### Goal of the exercise
Show each line from the listing that includes the word "alone".

### Task material
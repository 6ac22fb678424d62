ghost use Rattle.std.specs.Prelude.{◌≡◌, ◌++◌, IfOk, string_bytes};
ghost use Rattle.platform_document.specs.Path.{key_text, place_text, name_under, path_text};
ghost use Rattle.platform_document.specs.Reading.{path_to};

use cpu_table::Text;
use smm_base::NoMemory;
use std::alloc::Global;

/// A table of a platform file. Entries of a list of tables are counted from 0.
#[derive(Clone, Copy)]
pub enum TablePlace {
    Top,
    Smram,
    Wave(usize),
    Handler(usize),
    /// An operation of a handler, by both their places.
    Operation(usize, usize),
    Procedure(usize),
    Cause(usize),
    /// The I/O instruction of a cause.
    Io(usize),
}

/// A key of version 1 of the platform file.
#[derive(Clone, Copy)]
pub enum Key {
    Version,
    Processors,
    Map,
    Policy,
    Fixed,
    Mode,
    Polls,
    Visits,
    Ops,
    Ids,
    Smram,
    Wave,
    Handler,
    Procedure,
    Cause,
    Base,
    Size,
    Tile,
    Code,
    Status,
    Manage,
    Name,
    Type,
    Answer,
    Op,
    Cpu,
    Reg,
    Width,
    Into,
    Value,
    Arg,
    Token,
    Place,
    Handle,
    Act,
    Visit,
    Halt,
    Io,
    Port,
    Length,
}

impl Key {
    /// The key as it stands in a file.
    pub fn text(self) -> &'static str
        ensures { result.now ≡ key_text self }
    {
        match self {
            Key::Version => "version",
            Key::Processors => "processors",
            Key::Map => "map",
            Key::Policy => "policy",
            Key::Fixed => "fixed",
            Key::Mode => "mode",
            Key::Polls => "polls",
            Key::Visits => "visits",
            Key::Ops => "ops",
            Key::Ids => "ids",
            Key::Smram => "smram",
            Key::Wave => "wave",
            Key::Handler => "handler",
            Key::Procedure => "procedure",
            Key::Cause => "cause",
            Key::Base => "base",
            Key::Size => "size",
            Key::Tile => "tile",
            Key::Code => "code",
            Key::Status => "status",
            Key::Manage => "manage",
            Key::Name => "name",
            Key::Type => "type",
            Key::Answer => "answer",
            Key::Op => "op",
            Key::Cpu => "cpu",
            Key::Reg => "reg",
            Key::Width => "width",
            Key::Into => "into",
            Key::Value => "value",
            Key::Arg => "arg",
            Key::Token => "token",
            Key::Place => "place",
            Key::Handle => "handle",
            Key::Act => "act",
            Key::Visit => "visit",
            Key::Halt => "halt",
            Key::Io => "io",
            Key::Port => "port",
            Key::Length => "length",
        }
    }
}

/// A key of a table.
#[derive(Clone, Copy)]
pub struct Path {
    pub place: TablePlace,
    pub key: Key,
}

/// A key of this table.
pub fn path_to(place: TablePlace, key: Key) -> Path
    ensures { result ≡ path_to place key }
{
    Path { place, key }
}

/// A table by its key, and an entry by its place in brackets after; the top table has no text.
pub fn place_text(alloc: Global, place: TablePlace) -> Result<String, NoMemory>
    ensures { IfOk result (λ text. string_bytes text ≡ place_text place) }
{
    Ok(match place {
        TablePlace::Top => String::new(alloc),
        TablePlace::Smram => String::from_str(alloc, "smram")?,
        TablePlace::Wave(at) => format!(in alloc; "wave[{at}]")?,
        TablePlace::Handler(at) => format!(in alloc; "handler[{at}]")?,
        TablePlace::Operation(handler, at) => format!(in alloc; "handler[{handler}].ops[{at}]")?,
        TablePlace::Procedure(at) => format!(in alloc; "procedure[{at}]")?,
        TablePlace::Cause(at) => format!(in alloc; "cause[{at}]")?,
        TablePlace::Io(at) => format!(in alloc; "cause[{at}].io")?,
    })
}

/// A name in a table: after the table's own text and a dot, if it has one.
pub fn name_under(alloc: Global, place: TablePlace, name: &str) -> Result<Text, NoMemory>
    ensures { IfOk result (λ text. text ≡ name_under place name.now) }
{
    let mut text = place_text(alloc, place)?;
    if !text.is_empty() {
        text.push_str(".")?;
    }
    text.push_str(name)?;
    Ok(Text::new(text))
}

/// The path of a key, as a fault tells it.
pub fn path_text(alloc: Global, path: Path) -> Result<Text, NoMemory>
    ensures { IfOk result (λ text. text ≡ path_text path) }
{
    name_under(alloc, path.place, path.key.text())
}
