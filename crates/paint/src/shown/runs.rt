//! The runs of a fill that are shown. `shown_runs` is a part: its callers have judged the span.
ghost use Rattle.std.specs.Prelude.{◌≡◌, false, ◌/◌, ◌≤◌, length};
ghost use Rattle.sizes.specs.Sizes.{tile-end};
ghost use Rattle.rules.specs.Depth.{listed};
ghost use Rattle.span.specs.Spans.{tiles};
ghost use Rattle.sizes.specs.Widths.{bucket-tiles};
ghost use Rattle.depth.specs.Answers.{summary};
ghost use Rattle.depth.specs.Listing.{out, listing};
ghost use Rattle.paint.specs.Summaries.{whole_run, is_clear, shown_runs};

use depth::{DepthState, visible_runs};
use sizes::answers::Refusal;
use sizes::width::Width;
use span::TileSpan;

// Whether the summary of a row of so many buckets says that nothing hides the span, and the span ends within them.
#[tactic(auto, using(crate::proofs::Clear::skip_said))]
fn is_clear(sum: DepthState, span: TileSpan, id: u32, buckets: usize, width: Width) -> bool
    requires order { span.first ≤ span.«end» }
    requires short { span.«end» ≤ tile-end }
    requires few { buckets ≤ 65535 }
    ensures { result ≡ is_clear (bucket-tiles width) (summary sum) buckets id (tiles span) }
{
    sum.can_skip(span, id).unwrap_or(false) && span.end as usize <= width.tiles() as usize * buckets
}

// The span as its one run, none where it has width 0; NoRoom, 14.
#[tactic(auto, using(crate::proofs::Clear::whole_none, crate::proofs::Clear::whole_short, crate::proofs::Clear::whole_one))]
fn list_whole(span: TileSpan, list: &mut [u32]) -> Result<usize, Refusal>
    ensures { out result list.new ≡ listing (listed false (length list.old / 2) (whole_run (tiles span))) list.old }
{
    if span.end <= span.first {
        return Ok(0);
    }
    if list.len() < 2 {
        return Err(Refusal::NoRoom);
    }
    list[0] = span.first;
    list[1] = span.end;
    Ok(1)
}

/// The runs of a fill's tiles that are shown for an id; how many. The span is listed whole where the summary says so: only else are the depth words searched.
/// NoRoom, 14.
#[tactic(auto, using(crate::proofs::Clear::shown_whole, crate::proofs::Clear::shown_searched))]
pub fn shown_runs(
    depth: &[u32],
    sum: DepthState,
    span: TileSpan,
    id: u32,
    list: &mut [u32],
    width: Width,
) -> Result<usize, Refusal>
    requires order { span.first ≤ span.«end» }
    requires short { span.«end» ≤ tile-end }
    requires few { length depth.now ≤ 65535 }
    ensures { out result list.new
        ≡ listing (listed false (length list.old / 2) (shown_runs (bucket-tiles width) (summary sum) depth.now id (tiles span))) list.old }
{
    if is_clear(sum, span, id, depth.len(), width) {
        return list_whole(span, list);
    }
    visible_runs(depth, span, id, list, width)
}
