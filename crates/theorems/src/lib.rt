#![tactic(auto)]

// This crate has no code: what its theorems speak of stands in specs/, and they stand in proofs/.
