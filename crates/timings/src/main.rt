//! Times parts of the product for the scripts in `bench/`.
//!
//! `timings handovers LANES JOBS` prints nanoseconds and the sum of the outcomes; `timings listing` prints a listing, and
//! `timings listings READS` prints nanoseconds, the listing's length in bytes, and how many objects were read;
//! `timings patterns PATTERN PATH ROUNDS` prints how often the pattern was read, the nanoseconds for that and for matching
//! it with the path as often, and how often it matched. Without words it gives a few jobs, reads a listing, and prints the
//! sum and the number of objects.
#![tactic(auto)]

mod handovers;
mod listings;
mod patterns;

use handovers::hand_over;
use listings::{listing, read_again};
use path_filters::Pattern;
use std::alloc::Global;
use std::process::ExitCode;
use std::rt::Runtime;
use std::sync::Wait;
use std::thread::Threads;
use std::time::Instant;
use std::{env, io};

/// The status where the words are not understood, or what they ask for can't be had.
const REFUSED: u8 = 2;

/// Prints how long it took to hand that many jobs over.
fn time_handovers<R: Runtime + Threads + Wait + Send + 'static>(
    rt: &R,
    alloc: Global,
    lanes: u32,
    jobs: u64,
) -> io::Result<u8> {
    let begun = Instant::now(rt)?;
    let Some(sum) = hand_over(rt, alloc, lanes, jobs)? else {
        return Ok(REFUSED);
    };
    let took = begun.elapsed(rt)?.as_nanos();
    println!(rt; "{took} {sum}")?;
    Ok(0)
}

/// Prints how long it took to read a listing that often.
fn time_listings<R: Runtime>(rt: &R, alloc: Global, reads: u32) -> io::Result<u8> {
    let text = listing(alloc)?;
    let begun = Instant::now(rt)?;
    let Some(objects) = read_again(alloc, text.as_str(), reads) else {
        return Ok(REFUSED);
    };
    let took = begun.elapsed(rt)?.as_nanos();
    let size = text.len();
    println!(rt; "{took} {size} {objects}")?;
    Ok(0)
}

/// How often a pattern was read, and how long that took in nanoseconds.
fn time_reads<R: Runtime>(
    rt: &R,
    alloc: Global,
    text: &str,
    rounds: u32,
) -> io::Result<Option<(u32, u128)>> {
    let begun = Instant::now(rt)?;
    let Ok(reads) = patterns::read_again(alloc, text, rounds) else {
        return Ok(None);
    };
    Ok(Some((reads, begun.elapsed(rt)?.as_nanos())))
}

/// How often a pattern matched a path, and how long that took in nanoseconds.
fn time_matches<R: Runtime>(
    rt: &R,
    pattern: &Pattern,
    path: &str,
    rounds: u32,
) -> io::Result<(u32, u128)> {
    let begun = Instant::now(rt)?;
    let matched = patterns::match_again(pattern, path, rounds);
    Ok((matched, begun.elapsed(rt)?.as_nanos()))
}

/// Prints how long it took to read a pattern that often, and to match it with a path.
fn time_patterns<R: Runtime>(
    rt: &R,
    alloc: Global,
    text: &str,
    path: &str,
    rounds: u32,
) -> io::Result<u8> {
    let Ok(pattern) = Pattern::read(alloc, text) else {
        return Ok(REFUSED);
    };
    let Some((reads, read)) = time_reads(rt, alloc, text, rounds)? else {
        return Ok(REFUSED);
    };
    let (matched, took) = time_matches(rt, &pattern, path, rounds)?;
    println!(rt; "{reads} {read} {took} {matched}")?;
    Ok(0)
}

fn show_listing<R: Runtime>(rt: &R, alloc: Global) -> io::Result<u8> {
    let text = listing(alloc)?;
    rt.println(text.as_str())?;
    Ok(0)
}

fn show_both<R: Runtime + Threads + Wait + Send + 'static>(
    rt: &R,
    alloc: Global,
) -> io::Result<u8> {
    let text = listing(alloc)?;
    let sum = hand_over(rt, alloc, 4, 1_000)?;
    let objects = read_again(alloc, text.as_str(), 1);
    match (sum, objects) {
        (Some(sum), Some(objects)) => {
            println!(rt; "{sum} {objects}")?;
            Ok(0)
        }
        _ => Ok(REFUSED),
    }
}

fn word(words: &[String], place: usize) -> &str {
    match words.get(place) {
        Some(word) => word.as_str(),
        None => "",
    }
}

fn run_listings<R: Runtime>(rt: &R, alloc: Global, reads: &str) -> io::Result<u8> {
    match reads.parse() {
        Ok(reads) => time_listings(rt, alloc, reads),
        Err(_) => Ok(REFUSED),
    }
}

fn run_handovers<R: Runtime + Threads + Wait + Send + 'static>(
    rt: &R,
    alloc: Global,
    lanes: &str,
    jobs: &str,
) -> io::Result<u8> {
    match (lanes.parse(), jobs.parse()) {
        (Ok(lanes), Ok(jobs)) => time_handovers(rt, alloc, lanes, jobs),
        _ => Ok(REFUSED),
    }
}

fn run_patterns<R: Runtime>(rt: &R, alloc: Global, words: &[String]) -> io::Result<u8> {
    let (text, path) = (word(words, 1), word(words, 2));
    match word(words, 3).parse() {
        Ok(rounds) => time_patterns(rt, alloc, text, path, rounds),
        Err(_) => Ok(REFUSED),
    }
}

/// What the words ask for, by their number and the first of them.
fn run<R: Runtime + Threads + Wait + Send + 'static>(
    rt: &R,
    alloc: Global,
    words: &[String],
) -> io::Result<u8> {
    match (words.len(), word(words, 0)) {
        (0, _) => show_both(rt, alloc),
        (1, "listing") => show_listing(rt, alloc),
        (2, "listings") => run_listings(rt, alloc, word(words, 1)),
        (3, "handovers") => run_handovers(rt, alloc, word(words, 1), word(words, 2)),
        (4, "patterns") => run_patterns(rt, alloc, words),
        _ => Ok(REFUSED),
    }
}

fn words_of(rt: &HostRuntime) -> io::Result<Vec<String>> {
    let mut words = Vec::new(rt.alloc());
    for word in env::args(rt)?.skip(1) {
        words.push(word)?;
    }
    Ok(words)
}

fn main(rt: HostRuntime) -> io::Result<ExitCode> {
    let words = words_of(&rt)?;
    let status = run(&rt, rt.alloc(), &words)?;
    Ok(ExitCode::from(status))
}
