//! What local files hold.

ghost use Rattle.refused_outcomes.specs.MovedFiles.{EachMovedFileIsRefused, MovedFileIsTold};
ghost use Rattle.refused_outcomes.specs.ToldFiles.{EachUntoldFileIsRefused, EachUnwarnedFileIsMet};
ghost use Rattle.refused_outcomes.specs.ToldFiles.{EachUnwarnedFileIsRefused, ExceptionsLetThrough, FilesAreTold};

/// A download whose Delete was answered as no service answers one, so that no honest trace fits the run: its files are
/// those that its calls made. Where the destination holds other bytes or nothing, where the calls that made it are not
/// told, or where it is done and was not renamed, that is refused all the same.
pub fn traceless_files()
    ensures met { FilesAreTold }
    ensures refused { EachUntoldFileIsRefused }
{}

/// Where memory ran out for a warning, no warning names what a call left. A temporary file that a failed drop left, and
/// a time that a failed call did not set, are let through, though no warning names them; and a file that was removed is
/// gone. Where no such call failed, a file with the name of a temporary file, another time, and a removed file that
/// stands are refused, though the exceptions alone would let them through (`excused`).
pub fn unwarned_files()
    ensures met { EachUnwarnedFileIsMet }
    ensures excused { ExceptionsLetThrough }
    ensures refused { EachUnwarnedFileIsRefused }
{}

/// A moved upload that is done has its file removed. Where its file was not removed, or stands all the same, and where
/// it was removed and the task was copied alone or failed, for whatever cause, that is refused.
pub fn moved_files()
    ensures met { MovedFileIsTold }
    ensures refused { EachMovedFileIsRefused }
{}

### Solution to the problem
/// stands are refused, though the exceptions alone would let them through (`excused`).
/// it was removed and the task was copied alone or failed, for whatever cause, that is refused.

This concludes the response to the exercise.